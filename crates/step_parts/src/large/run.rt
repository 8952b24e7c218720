//! A run of units.

ghost use Rattle.std.specs.Prelude.{◌≡◌, ◌≤◌, ◌+◌};
ghost use Rattle.heap_geometry.specs.declared.limits.TheConstants.{MAX_UNITS};
ghost use Rattle.step_parts.specs.large.Runs.{RunFields, IsRun};

use std::marker::Model;

/// A run of units.
#[derive(Clone, Copy)]
pub struct UnitRun {
    first: u8,
    units: u8,
}

impl Model for UnitRun {
    ghost use Rattle.step_parts.specs.large.Runs.{RunFields, IsRun};

    ghost Value = { RunFields };

    ghost view = { λ r. record { first = r.first; units = r.units } };

    ghost invariant = { λ r. IsRun (record { first = r.first; units = r.units }) };

    ghost inverse = { λ r. record { first = r.first; units = r.units } };
}

impl UnitRun {
    /// The run of so many units from this one on.
    pub fn new(first: u8, units: u8) -> UnitRun
        requires { IsRun (record { first = first; units = units }) }
        ensures { result ≡ record { first = first; units = units } }
    {
        UnitRun { first, units }
    }

    /// The first unit.
    pub fn first(self) -> u8
        ensures value { result ≡ self.first }
        ensures within { result + self.units ≤ MAX_UNITS }
    {
        self.first
    }

    /// How many units there are.
    pub fn units(self) -> u8
        ensures value { result ≡ self.units }
        ensures some { 1 ≤ result }
        ensures within { self.first + result ≤ MAX_UNITS }
    {
        self.units
    }
}
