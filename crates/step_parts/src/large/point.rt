//! The points at which a caller stands with a large block, a usable word or a shelf.

ghost use Rattle.std.specs.Prelude.{None, if◌then◌else◌, ◌≡◌};
ghost use Rattle.step_parts.specs.large.Points.{plan_large_of, after_run_prefix, after_shelf, after_take, first_wanted, is_on_word, settle_large_of};
ghost use Rattle.packed_words.specs.Prefix.{prefix_of};
ghost use Rattle.packed_words.specs.Shelf.{shelf_of};
ghost use Rattle.word_table.specs.Onwards.{exit_by, point_by};

use crate::large::exit::LargeExit;
use crate::large::run::UnitRun;
use crate::large::units::other_bits;
use crate::large::want::Want;
use crate::large::words::{empty_shelf, payload_name, run_prefix, shelf_with, units_taken};
use heap_geometry::need::Need;
use heap_geometry::place::place_of_unit;
use packed_words::prefix::Prefix;
use packed_words::shelf::ShelfWord;
use word_table::action::{Action, Found};
use word_table::name::WordName;
use word_table::onward::Onward;

/// A caller's next step.
///
/// `place` is the arena word of a block's prefix word, `index` counts its usable words from 0, and
/// `need` says which blocks the block is one of.
#[derive(Clone, Copy)]
pub enum LargePoint {
    /// Load which units are taken.
    LoadUnits { want: Want },
    /// Take the lowest free run, or find again that there is none, by the bits that were read.
    TakeRun { want: Want, bits: u64 },
    /// Store the prefix word of the run that is handed out.
    StoreRunPrefix { place: u32, run: UnitRun },
    /// Load the prefix word of the run that is freed.
    LoadRunPrefix { place: u32, run: UnitRun },
    /// Give the units of the run back.
    FreeRun { place: u32, run: UnitRun },
    /// Write a usable word of a block.
    StoreWord { place: u32, index: u32, value: u64 },
    /// Read a usable word of a block.
    LoadWord { place: u32, index: u32 },
    /// Put a block on the shelf, where nothing lies on it.
    PutBlock { shelf: u8, place: u32, need: Need },
    /// Load what lies on the shelf.
    LoadShelf { shelf: u8 },
    /// Take the block that lay on the shelf.
    TakeBlock { shelf: u8, place: u32, need: Need },
    /// Find again that nothing lies on the shelf.
    ConfirmNothing { shelf: u8 },
}

/// The action of a point.
#[inline(always)]
pub fn plan_large(point: &LargePoint) -> Action
    ensures { result ≡ plan_large_of point.now }
{
    match *point {
        LargePoint::LoadUnits { .. } => Action::Load(WordName::Units),
        LargePoint::TakeRun { want, bits } => {
            Action::Cas(WordName::Units, bits, units_taken(want, bits))
        }
        LargePoint::StoreRunPrefix { place, run } => {
            Action::Store(WordName::Arena(place), run_prefix(run.units()))
        }
        LargePoint::LoadRunPrefix { place, .. } => Action::Load(WordName::Arena(place)),
        LargePoint::FreeRun { run, .. } => {
            Action::And(WordName::Units, other_bits(run.first(), run.units()))
        }
        LargePoint::StoreWord {
            place,
            index,
            value,
        } => Action::Store(payload_name(place, index), value),
        LargePoint::LoadWord { place, index } => Action::Load(payload_name(place, index)),
        LargePoint::PutBlock { shelf, place, need } => Action::Cas(
            WordName::Shelf(shelf),
            empty_shelf(),
            shelf_with(place, need),
        ),
        LargePoint::LoadShelf { shelf } => Action::Load(WordName::Shelf(shelf)),
        LargePoint::TakeBlock { shelf, place, need } => Action::Cas(
            WordName::Shelf(shelf),
            shelf_with(place, need),
            empty_shelf(),
        ),
        LargePoint::ConfirmNothing { shelf } => {
            Action::Cas(WordName::Shelf(shelf), empty_shelf(), empty_shelf())
        }
    }
}

/// Goes on to the point after what the action found; where the caller leaves, it answers by which
/// exit, and the point stays as it was. A word that is not expected leaves the point as it is: one
/// that is the prefix of no live run, or the word of no shelf.
#[inline(always)]
pub fn settle_large(at: &mut LargePoint, found: Found) -> Option<LargeExit>
    ensures exit { result ≡ exit_by (settle_large_of at.old found) }
    ensures point { at.new ≡ point_by at.old (settle_large_of at.old found) }
{
    let from = *at;
    match from {
        LargePoint::LoadUnits { want } => {
            *at = LargePoint::TakeRun {
                want,
                bits: found.value,
            };
        }
        LargePoint::TakeRun { want, bits } => {
            if found.won {
                return after_take(want, bits).follow(at);
            }
            *at = LargePoint::LoadUnits { want };
        }
        LargePoint::StoreRunPrefix { place, run } => {
            return Some(LargeExit::GivenRun { place, run });
        }
        LargePoint::LoadRunPrefix { place, run } => {
            *at = after_run_prefix(place, run, found.value);
        }
        LargePoint::FreeRun { .. } => return Some(LargeExit::FreedRun),
        LargePoint::StoreWord { .. } | LargePoint::LoadWord { .. } => {
            return exit_on_word(&from, found);
        }
        LargePoint::PutBlock { .. } => {
            return Some(if found.won {
                LargeExit::PutDone
            } else {
                LargeExit::ShelfFull { found: found.value }
            });
        }
        LargePoint::LoadShelf { shelf } => *at = after_shelf(shelf, found.value),
        LargePoint::TakeBlock { place, need, .. } => {
            return Some(if found.won {
                LargeExit::Got { place, need }
            } else {
                missed(shelf_with(place, need), found)
            });
        }
        LargePoint::ConfirmNothing { .. } => {
            return Some(if found.won {
                LargeExit::NothingThere
            } else {
                missed(empty_shelf(), found)
            });
        }
    }
    None
}

/// The exit of a call on a usable word, which ends with its one step; `None` at every other point.
/// Most steps of a busy program are such ones, so that who settles a step can ask for them first.
#[inline(always)]
pub fn exit_on_word(at: &LargePoint, found: Found) -> Option<LargeExit>
    ensures { result ≡ (if is_on_word at.now then exit_by (settle_large_of at.now found) else None) }
{
    match *at {
        LargePoint::StoreWord { .. } => Some(LargeExit::Wrote),
        LargePoint::LoadWord { .. } => Some(LargeExit::Word { value: found.value }),
        _ => None,
    }
}

/// From a look for a run, which was made with these bits.
#[inline(always)]
fn after_take(want: Want, bits: u64) -> Onward<LargePoint, LargeExit>
    ensures { result ≡ after_take want (first_wanted want bits) }
{
    match want.first(bits) {
        Some(first) => Onward::Stays(LargePoint::StoreRunPrefix {
            place: place_of_unit(want.geometry().frames, u32::from(first)),
            run: UnitRun::new(first, want.units()),
        }),
        None => Onward::Leaves(LargeExit::NoRun),
    }
}

/// From the prefix word of the run that is freed.
fn after_run_prefix(place: u32, run: UnitRun, word: u64) -> LargePoint
    ensures { result ≡ after_run_prefix place run (prefix_of word) }
{
    match Prefix::unpack(word) {
        Some(Prefix::Large { .. }) => LargePoint::FreeRun { place, run },
        _ => LargePoint::LoadRunPrefix { place, run },
    }
}

/// From a shelf's word.
fn after_shelf(shelf: u8, word: u64) -> LargePoint
    ensures { result ≡ after_shelf shelf (shelf_of word) }
{
    match ShelfWord::unpack(word) {
        Some(ShelfWord::Nothing) => LargePoint::ConfirmNothing { shelf },
        Some(ShelfWord::Block { place, need }) => LargePoint::TakeBlock { shelf, place, need },
        None => LargePoint::LoadShelf { shelf },
    }
}

/// From a lost exchange of a shelf's word.
fn missed(expected: u64, found: Found) -> LargeExit
    ensures { result ≡ LargeExit.Missed expected found.value }
{
    LargeExit::Missed {
        expected,
        found: found.value,
    }
}
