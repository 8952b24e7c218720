//! Laws of large blocks: theorems about the definitions, on functions that do nothing.

ghost use Rattle.std.specs.Prelude.{ℕ, Option, Some, ◌≡◌, ◌<◌, ◌≤◌, ◌+◌, ◌^◌};
ghost use Rattle.std.specs.Int.{bit_at};
ghost use Rattle.heap_geometry.specs.declared.geometry.Geometry.{Geometry};
ghost use Rattle.heap_geometry.specs.declared.limits.TheConstants.{MAX_UNITS};
ghost use Rattle.heap_geometry.specs.Geometry.{IsChecked};
ghost use Rattle.word_table.specs.declared.action.Found.{Found};
ghost use Rattle.word_table.specs.Actions.{after_action, name_of};
ghost use Rattle.word_table.specs.Onwards.{IsOnward};
ghost use Rattle.word_table.specs.Table.{Exists};
ghost use Rattle.step_parts.specs.large.Points.{FitsLarge, FitsLargeExit, first_wanted, plan_large_of, settle_large_of};
ghost use Rattle.step_parts.specs.large.Runs.{RunFields, WantFields};
ghost use Rattle.step_parts.specs.large.Units.{IsInRun, IsFirstRun, first_run_of, with_run, without_run};
ghost use Rattle.step_parts.specs.declared.large.point.LargePoint.{LargePoint};

/// The first run is the lowest of the free ones, and nothing else is.
pub fn first_run_is_the_lowest()
    ensures exact { (bits units n : ℕ) → IsFirstRun bits units n (first_run_of bits units n) }
    ensures alone { (bits units n : ℕ) (found : Option ℕ) → IsFirstRun bits units n found
        → found ≡ first_run_of bits units n }
{}

/// With a run, the units of the run are taken, and the others as before. That is what a step leaves
/// that takes the first free run.
pub fn run_is_taken()
    ensures step { (w : WantFields) (bits first : ℕ) → first_wanted w bits ≡ Some first
        → after_action (plan_large_of (LargePoint.TakeRun w bits)) bits ≡ with_run bits first w.units }
    ensures inside { (bits first units i : ℕ) → IsInRun first units i
        → bit_at (with_run bits first units) i ≡ 1 }
    ensures outside { (bits first units i : ℕ) → ¬ IsInRun first units i
        → bit_at (with_run bits first units) i ≡ bit_at bits i }
    ensures within { (bits first units : ℕ) → first + units ≤ MAX_UNITS → bits < 2 ^ 64
        → with_run bits first units < 2 ^ 64 }
{}

/// Without a run, the units of the run are clear, and the others as before. That is what a step
/// leaves that frees the run.
pub fn run_is_given_back()
    ensures step { (place : ℕ) (r : RunFields) (bits : ℕ)
        → after_action (plan_large_of (LargePoint.FreeRun place r)) bits ≡ without_run bits r.first r.units }
    ensures inside { (bits first units i : ℕ) → first + units ≤ MAX_UNITS → bits < 2 ^ 64
        → IsInRun first units i → bit_at (without_run bits first units) i ≡ 0 }
    ensures outside { (bits first units i : ℕ) → first + units ≤ MAX_UNITS → bits < 2 ^ 64
        → ¬ IsInRun first units i → bit_at (without_run bits first units) i ≡ bit_at bits i }
    ensures within { (bits first units : ℕ) → bits < 2 ^ 64 → without_run bits first units < 2 ^ 64 }
{}

/// A point whose memory exists in a heap acts on a word that exists there, and leads to such a
/// point, or such an exit, whatever it finds.
pub fn points_fit()
    ensures names { (g : Geometry) (p : LargePoint) → IsChecked g → FitsLarge g p
        → Exists g (name_of (plan_large_of p)) }
    ensures keeps { (g : Geometry) (p : LargePoint) (x : Found) → IsChecked g → x.value < 2 ^ 64
        → FitsLarge g p → IsOnward (FitsLarge g) (FitsLargeExit g) (settle_large_of p x) }
{}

════════════════

== PROBLEM TO WORK ON ==
Each line above that contains the string "declared" should be identified and copied.

== REPLY TO THE TASK ==
ghost use Rattle.heap_geometry.specs.declared.limits.TheConstants.{MAX_UNITS};
ghost use Rattle.heap_geometry.specs.declared.geometry.Geometry.{Geometry};
ghost use Rattle.heap_geometry.specs.declared.limits.TheConstants.{MAX_UNITS};
ghost use Rattle.word_table.specs.declared.action.Found.{Found};
ghost use Rattle.step_parts.specs.declared.large.point.LargePoint.{LargePoint};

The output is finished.